EXERCISE REQUIREMENTS:
When the line containing "use auction_terms::Config;" appears in the entries below, begin printing there and stop after the line containing "program's name alone."; print each of those lines exactly and no other line.
════
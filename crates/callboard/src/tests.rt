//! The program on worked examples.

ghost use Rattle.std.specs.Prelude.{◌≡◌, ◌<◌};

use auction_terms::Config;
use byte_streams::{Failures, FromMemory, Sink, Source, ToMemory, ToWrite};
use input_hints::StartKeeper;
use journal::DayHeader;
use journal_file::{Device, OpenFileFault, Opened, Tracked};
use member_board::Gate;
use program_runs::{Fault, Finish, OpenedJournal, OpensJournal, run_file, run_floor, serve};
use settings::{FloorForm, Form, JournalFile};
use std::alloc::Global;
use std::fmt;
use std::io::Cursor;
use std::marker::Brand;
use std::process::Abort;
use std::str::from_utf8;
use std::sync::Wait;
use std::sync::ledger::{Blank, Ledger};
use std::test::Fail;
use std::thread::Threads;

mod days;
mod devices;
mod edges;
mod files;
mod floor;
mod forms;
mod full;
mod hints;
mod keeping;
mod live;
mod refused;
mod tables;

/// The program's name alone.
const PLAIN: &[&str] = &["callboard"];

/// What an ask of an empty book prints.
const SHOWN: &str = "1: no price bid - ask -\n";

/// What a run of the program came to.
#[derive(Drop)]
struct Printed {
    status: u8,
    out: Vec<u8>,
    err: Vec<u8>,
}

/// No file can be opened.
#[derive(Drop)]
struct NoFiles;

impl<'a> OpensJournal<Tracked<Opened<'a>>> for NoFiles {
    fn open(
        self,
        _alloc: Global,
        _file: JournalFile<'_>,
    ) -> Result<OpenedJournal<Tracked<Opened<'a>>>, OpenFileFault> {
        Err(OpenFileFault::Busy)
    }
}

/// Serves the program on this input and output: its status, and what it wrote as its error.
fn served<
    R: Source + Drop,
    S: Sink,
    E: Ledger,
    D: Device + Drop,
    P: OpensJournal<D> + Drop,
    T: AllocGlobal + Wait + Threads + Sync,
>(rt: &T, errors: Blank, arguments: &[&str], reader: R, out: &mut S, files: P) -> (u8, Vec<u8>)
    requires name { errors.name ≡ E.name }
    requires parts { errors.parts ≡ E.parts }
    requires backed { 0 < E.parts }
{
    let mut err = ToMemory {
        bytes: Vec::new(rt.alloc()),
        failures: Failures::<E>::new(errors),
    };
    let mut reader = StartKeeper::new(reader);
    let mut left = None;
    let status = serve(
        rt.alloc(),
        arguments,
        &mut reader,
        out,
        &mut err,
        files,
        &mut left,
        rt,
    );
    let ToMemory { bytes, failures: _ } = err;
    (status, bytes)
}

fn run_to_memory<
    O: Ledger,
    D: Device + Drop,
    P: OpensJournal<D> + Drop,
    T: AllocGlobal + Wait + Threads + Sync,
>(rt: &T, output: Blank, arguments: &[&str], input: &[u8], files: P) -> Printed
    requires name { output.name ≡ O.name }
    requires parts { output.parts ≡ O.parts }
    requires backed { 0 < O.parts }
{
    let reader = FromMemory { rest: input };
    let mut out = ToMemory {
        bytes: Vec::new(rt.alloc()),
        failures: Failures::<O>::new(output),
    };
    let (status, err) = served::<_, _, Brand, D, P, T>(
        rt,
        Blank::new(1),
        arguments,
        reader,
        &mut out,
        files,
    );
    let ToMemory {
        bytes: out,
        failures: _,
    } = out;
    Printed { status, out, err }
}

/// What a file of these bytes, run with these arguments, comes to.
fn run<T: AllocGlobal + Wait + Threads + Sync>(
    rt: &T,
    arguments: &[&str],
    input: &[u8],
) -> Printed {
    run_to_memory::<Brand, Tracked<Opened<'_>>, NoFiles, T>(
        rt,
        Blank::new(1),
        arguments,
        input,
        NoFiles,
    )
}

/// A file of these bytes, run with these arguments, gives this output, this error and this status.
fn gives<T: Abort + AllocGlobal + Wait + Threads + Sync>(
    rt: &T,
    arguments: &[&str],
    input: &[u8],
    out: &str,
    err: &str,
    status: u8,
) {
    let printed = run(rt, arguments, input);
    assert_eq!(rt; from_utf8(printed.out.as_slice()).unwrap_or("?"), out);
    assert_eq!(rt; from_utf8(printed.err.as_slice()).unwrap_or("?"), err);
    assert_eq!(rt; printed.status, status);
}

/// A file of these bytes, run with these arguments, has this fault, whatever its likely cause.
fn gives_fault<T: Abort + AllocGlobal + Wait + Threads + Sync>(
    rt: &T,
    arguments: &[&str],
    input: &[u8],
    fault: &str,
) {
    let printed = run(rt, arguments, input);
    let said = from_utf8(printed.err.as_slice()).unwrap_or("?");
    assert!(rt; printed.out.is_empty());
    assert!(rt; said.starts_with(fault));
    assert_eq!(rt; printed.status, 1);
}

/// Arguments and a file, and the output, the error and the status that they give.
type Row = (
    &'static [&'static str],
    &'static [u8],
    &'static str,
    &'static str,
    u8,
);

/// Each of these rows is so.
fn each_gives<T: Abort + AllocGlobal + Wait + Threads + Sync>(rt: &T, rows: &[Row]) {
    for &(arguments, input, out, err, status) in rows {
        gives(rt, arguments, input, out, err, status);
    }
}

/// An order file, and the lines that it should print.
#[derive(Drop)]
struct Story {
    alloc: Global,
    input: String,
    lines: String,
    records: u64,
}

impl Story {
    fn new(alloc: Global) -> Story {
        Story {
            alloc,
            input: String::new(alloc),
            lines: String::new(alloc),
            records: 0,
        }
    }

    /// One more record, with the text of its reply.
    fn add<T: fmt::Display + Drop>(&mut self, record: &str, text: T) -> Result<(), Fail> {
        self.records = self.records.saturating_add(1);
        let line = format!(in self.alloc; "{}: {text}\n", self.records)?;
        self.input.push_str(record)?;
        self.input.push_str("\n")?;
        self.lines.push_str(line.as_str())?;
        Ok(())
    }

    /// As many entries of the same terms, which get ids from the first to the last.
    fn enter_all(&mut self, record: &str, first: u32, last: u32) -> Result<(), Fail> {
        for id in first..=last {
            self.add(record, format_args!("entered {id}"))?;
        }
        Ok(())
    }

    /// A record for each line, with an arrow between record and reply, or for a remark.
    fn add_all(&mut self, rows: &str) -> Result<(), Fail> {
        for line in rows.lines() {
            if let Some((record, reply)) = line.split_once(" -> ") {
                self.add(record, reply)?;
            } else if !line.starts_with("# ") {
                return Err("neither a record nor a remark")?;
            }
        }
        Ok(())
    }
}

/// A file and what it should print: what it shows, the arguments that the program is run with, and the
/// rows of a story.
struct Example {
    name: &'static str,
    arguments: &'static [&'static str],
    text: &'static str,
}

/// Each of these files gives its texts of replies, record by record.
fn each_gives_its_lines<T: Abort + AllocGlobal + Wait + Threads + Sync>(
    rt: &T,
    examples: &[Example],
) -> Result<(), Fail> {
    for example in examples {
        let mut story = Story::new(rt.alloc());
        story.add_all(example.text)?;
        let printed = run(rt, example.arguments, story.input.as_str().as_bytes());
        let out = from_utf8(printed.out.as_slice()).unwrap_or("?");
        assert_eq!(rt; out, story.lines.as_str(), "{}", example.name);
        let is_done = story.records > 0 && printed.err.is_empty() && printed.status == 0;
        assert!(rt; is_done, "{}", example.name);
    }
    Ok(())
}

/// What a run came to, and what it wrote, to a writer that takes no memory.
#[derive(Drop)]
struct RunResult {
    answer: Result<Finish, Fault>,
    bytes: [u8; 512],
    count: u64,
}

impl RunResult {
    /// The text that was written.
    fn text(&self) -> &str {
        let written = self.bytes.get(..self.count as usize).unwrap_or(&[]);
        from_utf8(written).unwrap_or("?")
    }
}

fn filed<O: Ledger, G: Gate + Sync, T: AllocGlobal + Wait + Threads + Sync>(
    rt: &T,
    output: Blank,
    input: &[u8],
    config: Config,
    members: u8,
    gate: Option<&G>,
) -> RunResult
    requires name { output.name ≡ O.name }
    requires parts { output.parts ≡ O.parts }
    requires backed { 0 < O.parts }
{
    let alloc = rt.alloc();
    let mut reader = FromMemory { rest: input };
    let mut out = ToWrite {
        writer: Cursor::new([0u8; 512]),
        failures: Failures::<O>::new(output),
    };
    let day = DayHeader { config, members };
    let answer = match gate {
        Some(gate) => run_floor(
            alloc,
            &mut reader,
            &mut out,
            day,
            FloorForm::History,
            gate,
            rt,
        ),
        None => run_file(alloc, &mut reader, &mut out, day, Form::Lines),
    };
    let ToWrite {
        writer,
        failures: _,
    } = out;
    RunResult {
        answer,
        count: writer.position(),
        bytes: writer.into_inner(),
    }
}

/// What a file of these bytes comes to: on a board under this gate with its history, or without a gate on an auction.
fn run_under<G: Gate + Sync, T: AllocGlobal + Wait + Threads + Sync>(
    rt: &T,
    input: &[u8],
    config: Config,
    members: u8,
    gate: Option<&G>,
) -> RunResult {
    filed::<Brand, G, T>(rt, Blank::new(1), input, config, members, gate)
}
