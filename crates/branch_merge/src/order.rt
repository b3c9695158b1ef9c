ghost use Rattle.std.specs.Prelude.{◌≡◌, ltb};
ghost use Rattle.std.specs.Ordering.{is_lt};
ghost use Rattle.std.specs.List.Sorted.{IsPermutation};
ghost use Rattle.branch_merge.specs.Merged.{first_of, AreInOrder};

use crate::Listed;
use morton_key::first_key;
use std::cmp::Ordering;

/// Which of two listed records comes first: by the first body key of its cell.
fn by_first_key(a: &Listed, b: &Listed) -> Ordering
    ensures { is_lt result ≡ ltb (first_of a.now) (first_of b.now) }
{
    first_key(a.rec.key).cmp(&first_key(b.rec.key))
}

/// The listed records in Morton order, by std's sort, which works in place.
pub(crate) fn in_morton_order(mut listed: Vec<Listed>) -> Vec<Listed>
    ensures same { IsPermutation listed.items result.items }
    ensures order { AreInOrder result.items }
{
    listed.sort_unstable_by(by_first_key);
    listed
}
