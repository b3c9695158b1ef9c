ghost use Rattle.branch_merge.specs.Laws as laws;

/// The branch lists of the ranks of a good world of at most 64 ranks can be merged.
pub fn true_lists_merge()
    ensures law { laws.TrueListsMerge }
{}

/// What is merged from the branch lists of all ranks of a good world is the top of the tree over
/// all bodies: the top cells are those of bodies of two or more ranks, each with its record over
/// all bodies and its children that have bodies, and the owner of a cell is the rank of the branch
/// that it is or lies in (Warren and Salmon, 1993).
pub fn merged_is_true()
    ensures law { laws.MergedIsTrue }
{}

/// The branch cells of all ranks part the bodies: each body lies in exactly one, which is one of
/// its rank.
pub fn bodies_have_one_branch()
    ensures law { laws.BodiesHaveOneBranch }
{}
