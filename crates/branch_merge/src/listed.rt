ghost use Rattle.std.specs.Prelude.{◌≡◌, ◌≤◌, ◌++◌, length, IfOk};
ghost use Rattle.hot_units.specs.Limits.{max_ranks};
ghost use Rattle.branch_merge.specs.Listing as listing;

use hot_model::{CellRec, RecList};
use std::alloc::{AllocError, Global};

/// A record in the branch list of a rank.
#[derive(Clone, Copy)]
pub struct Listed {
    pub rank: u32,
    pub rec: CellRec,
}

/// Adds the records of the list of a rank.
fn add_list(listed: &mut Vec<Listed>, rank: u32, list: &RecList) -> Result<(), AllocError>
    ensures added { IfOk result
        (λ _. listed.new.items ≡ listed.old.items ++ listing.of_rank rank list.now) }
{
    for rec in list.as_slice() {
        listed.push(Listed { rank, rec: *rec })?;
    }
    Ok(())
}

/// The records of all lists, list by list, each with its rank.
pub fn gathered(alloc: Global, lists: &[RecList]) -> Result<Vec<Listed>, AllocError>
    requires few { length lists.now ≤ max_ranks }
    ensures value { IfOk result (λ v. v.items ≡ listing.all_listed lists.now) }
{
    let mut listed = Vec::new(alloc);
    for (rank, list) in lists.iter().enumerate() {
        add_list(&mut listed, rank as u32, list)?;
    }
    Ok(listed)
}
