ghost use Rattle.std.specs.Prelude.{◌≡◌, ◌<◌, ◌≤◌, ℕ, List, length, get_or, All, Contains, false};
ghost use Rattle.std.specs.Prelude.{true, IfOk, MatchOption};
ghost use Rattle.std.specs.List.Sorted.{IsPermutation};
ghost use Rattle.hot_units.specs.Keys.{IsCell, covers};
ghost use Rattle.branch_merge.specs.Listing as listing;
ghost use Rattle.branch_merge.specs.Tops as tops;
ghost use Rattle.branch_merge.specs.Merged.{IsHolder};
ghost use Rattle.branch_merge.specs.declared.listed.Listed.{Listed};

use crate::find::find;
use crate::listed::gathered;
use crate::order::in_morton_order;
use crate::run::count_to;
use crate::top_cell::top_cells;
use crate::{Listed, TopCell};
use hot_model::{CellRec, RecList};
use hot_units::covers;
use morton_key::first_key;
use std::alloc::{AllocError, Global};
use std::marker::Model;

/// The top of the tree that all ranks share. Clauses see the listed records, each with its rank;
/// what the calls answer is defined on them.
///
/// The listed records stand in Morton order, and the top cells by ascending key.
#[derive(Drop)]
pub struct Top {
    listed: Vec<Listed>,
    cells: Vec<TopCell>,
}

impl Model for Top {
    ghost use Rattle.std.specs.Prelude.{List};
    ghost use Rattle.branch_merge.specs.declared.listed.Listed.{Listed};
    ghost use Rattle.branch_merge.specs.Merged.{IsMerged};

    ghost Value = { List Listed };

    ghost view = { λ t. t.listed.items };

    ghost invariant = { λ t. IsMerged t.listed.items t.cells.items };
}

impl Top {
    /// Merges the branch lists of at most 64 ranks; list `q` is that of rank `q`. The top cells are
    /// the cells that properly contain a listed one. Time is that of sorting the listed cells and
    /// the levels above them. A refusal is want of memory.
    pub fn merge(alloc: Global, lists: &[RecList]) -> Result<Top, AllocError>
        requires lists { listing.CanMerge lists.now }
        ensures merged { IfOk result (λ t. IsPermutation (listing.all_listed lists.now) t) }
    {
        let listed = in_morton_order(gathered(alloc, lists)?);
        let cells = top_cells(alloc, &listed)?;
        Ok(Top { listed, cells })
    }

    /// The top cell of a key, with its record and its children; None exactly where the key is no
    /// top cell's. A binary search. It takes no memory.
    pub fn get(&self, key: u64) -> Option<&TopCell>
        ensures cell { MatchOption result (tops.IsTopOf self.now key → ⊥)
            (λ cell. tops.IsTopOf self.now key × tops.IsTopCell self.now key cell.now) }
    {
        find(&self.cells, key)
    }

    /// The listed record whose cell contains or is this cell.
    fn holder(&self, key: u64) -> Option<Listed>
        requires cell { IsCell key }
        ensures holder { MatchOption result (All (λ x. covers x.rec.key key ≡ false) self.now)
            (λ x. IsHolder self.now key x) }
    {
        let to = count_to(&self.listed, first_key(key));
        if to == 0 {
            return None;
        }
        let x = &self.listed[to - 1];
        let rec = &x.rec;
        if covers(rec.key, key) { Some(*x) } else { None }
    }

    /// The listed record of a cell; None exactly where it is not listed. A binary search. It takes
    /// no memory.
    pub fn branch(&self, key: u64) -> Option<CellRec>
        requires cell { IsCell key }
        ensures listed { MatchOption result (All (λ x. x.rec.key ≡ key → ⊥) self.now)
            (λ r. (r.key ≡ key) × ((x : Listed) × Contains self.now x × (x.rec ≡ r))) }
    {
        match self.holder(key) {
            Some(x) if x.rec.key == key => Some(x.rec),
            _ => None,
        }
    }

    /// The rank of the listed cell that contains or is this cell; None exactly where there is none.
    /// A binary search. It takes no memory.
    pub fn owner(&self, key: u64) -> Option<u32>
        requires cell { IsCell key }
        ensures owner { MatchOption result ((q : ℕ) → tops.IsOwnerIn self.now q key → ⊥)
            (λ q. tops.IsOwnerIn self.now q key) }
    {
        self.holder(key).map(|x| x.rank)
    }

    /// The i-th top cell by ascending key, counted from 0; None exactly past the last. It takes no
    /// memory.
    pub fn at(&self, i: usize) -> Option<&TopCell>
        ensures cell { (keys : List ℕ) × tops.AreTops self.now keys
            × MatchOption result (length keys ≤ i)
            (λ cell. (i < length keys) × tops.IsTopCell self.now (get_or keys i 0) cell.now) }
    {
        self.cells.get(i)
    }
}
════
OUTPUT OF THE EXERCISE:
use auction_terms::Config;
use byte_streams::{Failures, FromMemory, Sink, Source, ToMemory, ToWrite};
use input_hints::StartKeeper;
use journal::DayHeader;
use journal_file::{Device, OpenFileFault, Opened, Tracked};
use member_board::Gate;
use program_runs::{Fault, Finish, OpenedJournal, OpensJournal, run_file, run_floor, serve};
use settings::{FloorForm, Form, JournalFile};
use std::alloc::Global;
use std::fmt;
use std::io::Cursor;
use std::marker::Brand;
use std::process::Abort;
use std::str::from_utf8;
use std::sync::Wait;
use std::sync::ledger::{Blank, Ledger};
use std::test::Fail;
use std::thread::Threads;

mod days;
mod devices;
mod edges;
mod files;
mod floor;
mod forms;
mod full;
mod hints;
mod keeping;
mod live;
mod refused;
mod tables;

/// The program's name alone.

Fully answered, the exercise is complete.